= Extracted data =
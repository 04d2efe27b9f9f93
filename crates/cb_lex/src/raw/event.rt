//! Events and calls of processes as they are written.

use crate::raw::name::{RawName, RawNames};
use crate::raw::term::{RawFormula, RawTerms};

/// A call of a definition; with no parentheses there is no argument.
#[derive(Drop)]
pub struct RawCall {
    pub name: RawName,
    pub arguments: RawTerms,
}

/// An event. Its first token is its first name.
#[derive(Drop)]
pub enum RawEvent {
    /// `channel!(values) {condition}`
    Output {
        channel: RawName,
        values: RawTerms,
        condition: Option<RawFormula>,
    },
    /// `channel?(names) {condition}`
    Input {
        channel: RawName,
        names: RawNames,
        condition: Option<RawFormula>,
    },
    /// `machine.operation!(arguments)?(results)`; what is left out is empty.
    Operation {
        machine: RawName,
        operation: RawName,
        arguments: RawTerms,
        results: RawNames,
    },
}
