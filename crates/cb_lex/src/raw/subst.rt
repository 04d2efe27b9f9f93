//! Substitutions as they are written. BEGIN and END leave no trace.

use crate::raw::domain::RawDomain;
use crate::raw::name::RawName;
use crate::raw::term::{RawFormula, RawTerm};
use sqlite_items::Items;
use std::marker::Model;

/// Substitutions in order, which contracts see as a list.
pub type RawSubsts = Items<RawSubst>;

/// A substitution, which contracts see as a plain tree.
#[cycle(raw_subst)]
#[derive(Drop)]
pub struct RawSubst {
    pub node: RawSubstNode,
}

/// A substitution by its outermost part.
#[cycle(raw_subst)]
#[derive(Drop)]
pub enum RawSubstNode {
    /// `skip`
    Skip,
    /// `target := term`
    Assign {
        target: RawName,
        term: RawTerm,
    },
    /// `target :: domain`
    Among {
        target: RawName,
        domain: RawDomain,
    },
    /// An IF or ELSIF with no ELSIF or ELSE after it.
    If {
        condition: RawFormula,
        then: Box<RawSubst>,
    },
    /// An IF or ELSIF with what follows; an ELSIF is an IF there.
    IfElse {
        condition: RawFormula,
        then: Box<RawSubst>,
        otherwise: Box<RawSubst>,
    },
    /// The sides of a CHOICE, two or more.
    Choice(RawSubsts),
    /// `ANY name WHERE condition THEN body END`
    Any {
        name: RawName,
        condition: RawFormula,
        body: Box<RawSubst>,
    },
    /// `left || right`; a chain groups to the left.
    Parallel(Box<RawSubst>, Box<RawSubst>),
}

impl Model for RawSubst {
    ghost use Rattle.cb_lex.specs.RawSubstTree.{RawSubstTree};
    ghost use Rattle.cb_lex.specs.RawSubstCodes.{coded_subst};

    ghost Value = { RawSubstTree };

    ghost coded = { coded_subst };

    ghost use Rattle.cb_lex.specs.RawSubstTree.{subst_nodes};
    ghost use Rattle.cb_lex.specs.RawSubstView.{subst_of};

    ghost view = { λ s. subst_of s.node };

    ghost size = { subst_nodes };

    ghost use Rattle.cb_lex.specs.RawSubstFalls.{subst_falls};

    ghost size_decreases = { λ a h. subst_falls a.node };
}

= Exercise directions =
Copy the data word for word.

= Output =
repository 04d2efe27b9f9f93
filename crates/cb_lex/src/raw/event.rt
//! Events and calls of processes as they are written.

use crate::raw::name::{RawName, RawNames};
use crate::raw::term::{RawFormula, RawTerms};

/// A call of a definition; with no parentheses there is no argument.
#[derive(Drop)]
pub struct RawCall {
    pub name: RawName,
    pub arguments: RawTerms,
}

/// An event. Its first token is its first name.
#[derive(Drop)]
pub enum RawEvent {
    /// `channel!(values) {condition}`
    Output {
        channel: RawName,
        values: RawTerms,
        condition: Option<RawFormula>,
    },
    /// `channel?(names) {condition}`
    Input {
        channel: RawName,
        names: RawNames,
        condition: Option<RawFormula>,
    },
    /// `machine.operation!(arguments)?(results)`; what is left out is empty.
    Operation {
        machine: RawName,
        operation: RawName,
        arguments: RawTerms,
        results: RawNames,
    },
}
filename crates/cb_lex/src/raw/subst.rt
repository 04d2efe27b9f9f93
//! Substitutions as they are written. BEGIN and END leave no trace.

use crate::raw::domain::RawDomain;
use crate::raw::name::RawName;
use crate::raw::term::{RawFormula, RawTerm};
use sqlite_items::Items;
use std::marker::Model;

/// Substitutions in order, which contracts see as a list.
pub type RawSubsts = Items<RawSubst>;

/// A substitution, which contracts see as a plain tree.
#[cycle(raw_subst)]
#[derive(Drop)]
pub struct RawSubst {
    pub node: RawSubstNode,
}

/// A substitution by its outermost part.
#[cycle(raw_subst)]
#[derive(Drop)]
pub enum RawSubstNode {
    /// `skip`
    Skip,
    /// `target := term`
    Assign {
        target: RawName,
        term: RawTerm,
    },
    /// `target :: domain`
    Among {
        target: RawName,
        domain: RawDomain,
    },
    /// An IF or ELSIF with no ELSIF or ELSE after it.
    If {
        condition: RawFormula,
        then: Box<RawSubst>,
    },
    /// An IF or ELSIF with what follows; an ELSIF is an IF there.
    IfElse {
        condition: RawFormula,
        then: Box<RawSubst>,
        otherwise: Box<RawSubst>,
    },
    /// The sides of a CHOICE, two or more.
    Choice(RawSubsts),
    /// `ANY name WHERE condition THEN body END`
    Any {
        name: RawName,
        condition: RawFormula,
        body: Box<RawSubst>,
    },
    /// `left || right`; a chain groups to the left.
    Parallel(Box<RawSubst>, Box<RawSubst>),
}

impl Model for RawSubst {
    ghost use Rattle.cb_lex.specs.RawSubstTree.{RawSubstTree};
    ghost use Rattle.cb_lex.specs.RawSubstCodes.{coded_subst};

    ghost Value = { RawSubstTree };

    ghost coded = { coded_subst };

    ghost use Rattle.cb_lex.specs.RawSubstTree.{subst_nodes};
    ghost use Rattle.cb_lex.specs.RawSubstView.{subst_of};

    ghost view = { λ s. subst_of s.node };

    ghost size = { subst_nodes };

    ghost use Rattle.cb_lex.specs.RawSubstFalls.{subst_falls};

    ghost size_decreases = { λ a h. subst_falls a.node };
}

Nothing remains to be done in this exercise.